Jarc e la Lista per Doberdò sfida la sinistra di Vizintin «Bisogna voltare pagina»

«C’è tanto lavoro lasciato indietro, ma insieme possiamo farcela». È lo slogan lanciato dalla Lista per Doberdò-Lista za Doberdob presentata ai cittadini l’altra sera all’agriturismo Dolince. Una formazione civica che propone come candidato sindaco Aldo Jarc e vuole contrastare l’uscente Fabio Vizintin di Unità Cittadina-Obcinska Enotnost. La Lista per Doberdò, a differenza del cartello di Vizintin che si dice fieramente di sinistra, abbraccia diverse anime della società di Doberdò, con portatori di varie esperienze. Jarc, di professione designer grafico, da sempre dedica molto del suo tempo libero al volontariato del paese e l’altra sera si è presentato assieme ai nove candidati consiglieri Tamara Podversig, Emanuela Trampuz, Savina Zbogar, Marco Peric, Marko Jarc, Andrej Terpin, Maurizio Peric, Dario Bertinazzi, Mariano Juan Brecelj. Il tutto tenuto a battesimo dalla candidata alle Europee Martina Valentincic, di San Floriano del Collio, che si presenta con la Südtiroler Volkspartei.

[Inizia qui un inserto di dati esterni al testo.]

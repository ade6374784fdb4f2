//! The lock: that threads run at once, what a worker does in its turns, and how it fares without room.
ghost use Rattle.std.specs.Prelude.{◌≡◌};
ghost use Rattle.vme_model.specs.Plan.{drivers};
ghost use Rattle.vme_lock.specs.Seats.{drivers_of};

use crate::boards::{FIRST, SECOND, fall, requester, rise};
use crate::gates::{Asked, Counts, Stops, Together};
use std::alloc::{AllocError, Global};
use std::marker::Brand;
use std::process::Abort;
use std::sync::Wait;
use std::sync::ledger::Blank;
use std::test::*;
use std::thread::Threads;
use vme_arena::{Region, Rest};
use vme_backplane::{Backplane, Trace};
use vme_lock::{
    Bounds, EdgeRefused, Gate, Log, Lost, NotStarted, OpenGate, Rig, Room, Seat, Seats, Shared,
    Spent, log_bytes, run_boards, work_board,
};
use vme_model::{ArbiterKind, Cycle, Driver, Edge, Refused, Version, Wire};
use vme_slots::Plan;

/// The bytes of a lease that is long enough for 1,000 edges.
const AMPLE: usize = 8192;

/// The bytes of a region for a trace and 22 ample rooms.
const MEMORY: usize = 1_048_576;

fn access(driver: Driver, slot: u8) -> Edge {
    Edge {
        value: Some(Cycle::Access(slot)),
        ..fall(driver, Wire::Addr)
    }
}

/// A backplane with a board in each slot, which requests level 3 and gives the bus up when done.
fn boards<'r>(
    alloc: Global,
    rest: &mut Rest<'r>,
    slots: u8,
    version: Version,
) -> Result<Backplane<'r>, Fail> {
    let mut rows = Vec::new(alloc);
    for below in 0..slots.min(21) {
        rows.push(requester(below + 1, 3, 1))?;
    }
    let plan = Plan::new(alloc, slots, rows.as_slice(), &[], ArbiterKind::Sgl)?;
    let trace = Trace::on(alloc, rest, 1000)?;
    Ok(Backplane::new(plan, trace, version))
}

/// A room with a lease for scratch and one for the log, of these sizes.
fn room<'r>(rest: &mut Rest<'r>, sizes: (usize, usize)) -> Result<Room<'r>, Fail> {
    Ok(Room {
        scratch: rest.carve(sizes.0)?,
        log: rest.carve(sizes.1)?,
    })
}

fn rooms<'r>(
    alloc: Global,
    rest: &mut Rest<'r>,
    sizes: &[(usize, usize)],
) -> Result<Vec<Room<'r>>, Fail> {
    let mut rooms = Vec::new(alloc);
    for sizes in sizes {
        rooms.push(room(rest, *sizes)?)?;
    }
    Ok(rooms)
}

fn edges_of(alloc: Global, log: &Log<'_>) -> Result<Vec<Edge>, AllocError> {
    let mut edges = Vec::new(alloc);
    for place in 0..log.len() {
        edges.push(log.edge_at(place))?;
    }
    Ok(edges)
}

fn history_of(alloc: Global, backplane: &Backplane<'_>) -> Result<Vec<Edge>, AllocError> {
    let mut edges = Vec::new(alloc);
    for place in 0..backplane.len() {
        edges.push(backplane.edge_at(place))?;
    }
    Ok(edges)
}

/// What the boards did.
#[derive(Drop)]
struct Ran {
    logs: Vec<Vec<Edge>>,
    made: Vec<u32>,
    history: Vec<Edge>,
}

impl Ran {
    /// Whether the log of the controller, or of a slot, is a front of these edges.
    fn begins(&self, seat: usize, edges: &[Edge]) -> bool {
        match self.logs.get(seat) {
            Some(log) => edges.starts_with(log.as_slice()),
            None => false,
        }
    }
}

/// L2, where the backplane that was handed back takes an edge as before.
fn refused_lock(mut backplane: Backplane<'_>) -> Fail {
    match backplane.step(fall(FIRST, Wire::Br)) {
        Ok(_) => "L2".into(),
        Err(_) => "another backplane was handed back".into(),
    }
}

/// Runs all boards and closes.
fn run_and_close<L: Rig + Send + Sync, G: Gate + Sync, R: Threads + Wait + Sync>(
    rt: &R,
    alloc: Global,
    blank: Blank,
    backplane: Backplane<'_>,
    gate: &G,
    bounds: Bounds,
    rooms: Vec<Room<'_>>,
) -> Result<Ran, Fail>
    requires blank { (blank.name ≡ L.name) × (blank.parts ≡ L.parts) × (blank.parts ≡ 22) }
    requires opened { L.opened ≡ backplane }
{
    let (shared, seats) = match Shared::<'_, L>::new(alloc, blank, backplane) {
        Ok(opened) => opened,
        Err(same) => return Err(refused_lock(same)),
    };
    if rooms.len() != seats.len() {
        return Err("as many rooms as seats".into());
    }
    let Ok((seats, logs)) = run_boards(rt, alloc, &shared, seats, gate, bounds, rooms) else {
        return Err("L3".into());
    };
    let mut made = Vec::new(alloc);
    for seat in &seats {
        made.push(seat.made())?;
    }
    let mut copies = Vec::new(alloc);
    for log in &logs {
        copies.push(edges_of(alloc, log)?)?;
    }
    match shared.close(seats, logs.as_slice()) {
        Ok(closed) => Ok(Ran {
            logs: copies,
            made,
            history: history_of(alloc, &closed.backplane)?,
        }),
        Err(_) => Err("L4".into()),
    }
}

/// Runs boards in rooms of these sizes, one for each driver.
fn run_in_rooms<G: Gate + Sync, R: Threads + Wait + Sync>(
    rt: &R,
    alloc: Global,
    slots: u8,
    gate: &G,
    turns: u32,
    sizes: &[(usize, usize)],
) -> Result<Ran, Fail> {
    let mut region = Region::new(alloc, MEMORY)?;
    let mut rest = region.rest();
    let backplane = boards(alloc, &mut rest, slots, Version::One)?;
    let rooms = rooms(alloc, &mut rest, sizes)?;
    let bounds = Bounds { turns, edges: 1000 };
    let blank = Blank::new(22);
    run_and_close::<Brand, G, R>(rt, alloc, blank, backplane, gate, bounds, rooms)
}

«I paesi piccoli come i nostri – dice Valentincic – non sono altro che dei cantieri di cooperazione europea. Sono le basi dell’Europa». Nel suo intervento Jarc, invece, ha criticato l’amministrazione comunale uscente auspicando un cambiamento. «Per troppi anni – spiega il candidato sindaco della Lista per Doberdò – l’amministrazione comunale è rimasta immobile, senza risolvere i bisogni reali della gente e i problemi del territorio. Bisogna cominciare a parlare con i cittadini che oramai si sentono abbandonati. Noi abbiamo il compito di voltare pagina e la gente deve sapere che dopo tutto questo tempo ci può essere un cambiamento per il bene della comunità». E qui ha elencato la lunga lista delle inadempienze della giunta Vizintin a cominciare dalle opere pubbliche ferme da un piano regolatore vecchio di 15 anni. Prime fra tutte la tre quarti di marciapiedi che da dieci anni attendono una sistemazione, le fognature, i cimiteri comunali da ampliare perché ormai non c’è più posto. Inoltre sono anni che la scuola media non vede una fine lavori.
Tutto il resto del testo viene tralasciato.